Print

Please login or register.
1 Hour 1 Day 1 Week 1 Month Forever
Login with username, password and session length

[alemagno12]

n^^m = n^n^n^...^n^n^n with n exponentiated n times
n^^^m = n^^n^^n^^...^^n^^n^^n with n tetrated n times
n^^^...^^^m = n^^^...^^n^^^...^^n^^^...^^ ... ^^^...^^n^^^...^^n^^^...^^n with m levels
n^(x)^m = n^^^...^^^m with x arrows
Omniverse = 999^(999)^999

[alemagno12]

Grahamverse = G(G(G(...(999)...))) with 999 levels, where G(n) is defined as follows:
G(0) = 4
G(n+1) = 3^(G(n))^3

[FallenAngel]

Graham's Number octated to the Graham's Number.
Basically Graham's Number septrated Graham's Number times to the Graham's Number.
Think tetration, but four levels deeper. Let me work out the math, it'll take a bit.

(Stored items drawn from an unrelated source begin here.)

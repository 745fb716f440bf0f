//! Tests of `gix_hash` and `id_lookup` as their users see them, by public calls only: what no
//! clause says of worked examples, printed texts, devices that fail, and calls that succeed.
#![tactic(auto)]

#[cfg(test)]
mod expecting;
#[cfg(test)]
mod gix_hash_alphabet;
#[cfg(test)]
mod gix_hash_change_id;
#[cfg(test)]
mod gix_hash_display;
#[cfg(test)]
mod gix_hash_file;
#[cfg(test)]
mod gix_hash_kind;
#[cfg(test)]
mod gix_hash_laws;
#[cfg(test)]
mod gix_hash_object_id;
#[cfg(test)]
mod gix_hash_prefix;
#[cfg(test)]
mod gix_hash_stream;
#[cfg(test)]
mod gix_hash_write;
#[cfg(test)]
mod id_lookup_index;
#[cfg(test)]
mod id_lookup_search;
#[cfg(test)]
mod listeners;
#[cfg(test)]
mod opening;
#[cfg(test)]
mod well_known;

It's g_64 heptrated by g_64 g_64 times, which would be g_64 hextated by g_64 to the power of g_64 g_64 times. I think.
That'd be g_64 pentated by g_64 tetrated by g_64 g_64 times, which'd be... and I've gone cross-eyed

[alemagno12]

Not even close to my number.

[FallenAngel]

x/x^3, when x equals 10 to the power of a negative googolplexian taken to the googolplexianth power.
In math notation, x = 10^-((10^10^10^100)^(10^10^10^100)) in the function x/x^3.
As the function x/x^3 increases dramatically in y value as x becomes smaller but not negative, this will be a painfully large number.

[Putnam]

Uh... we allowed to use numbers that aren't known, but are known to be really really big?

[FallenAngel]

In Base 2, 4 is unnaturally large.
Not 100 4, 4 4.
As in the number usually only possible in Base 5 and above.
Just like C is a large number in Base 10, even though it only can properly exist in Base 13 and above.

[Putnam]

Uh... we allowed to use numbers that aren't known, but are known to be really really big?

I suspect that the number I just posted is likely larger. By a lot. But probably!

S(Ω(3->3->100))?

[FallenAngel]

In Base 2, 4 is unnaturally large.
Not 100 4, 4 4.
As in the number usually only possible in Base 5 and above.
Just like C is a large number in Base 10, even though it only can properly exist in Base 13 and above.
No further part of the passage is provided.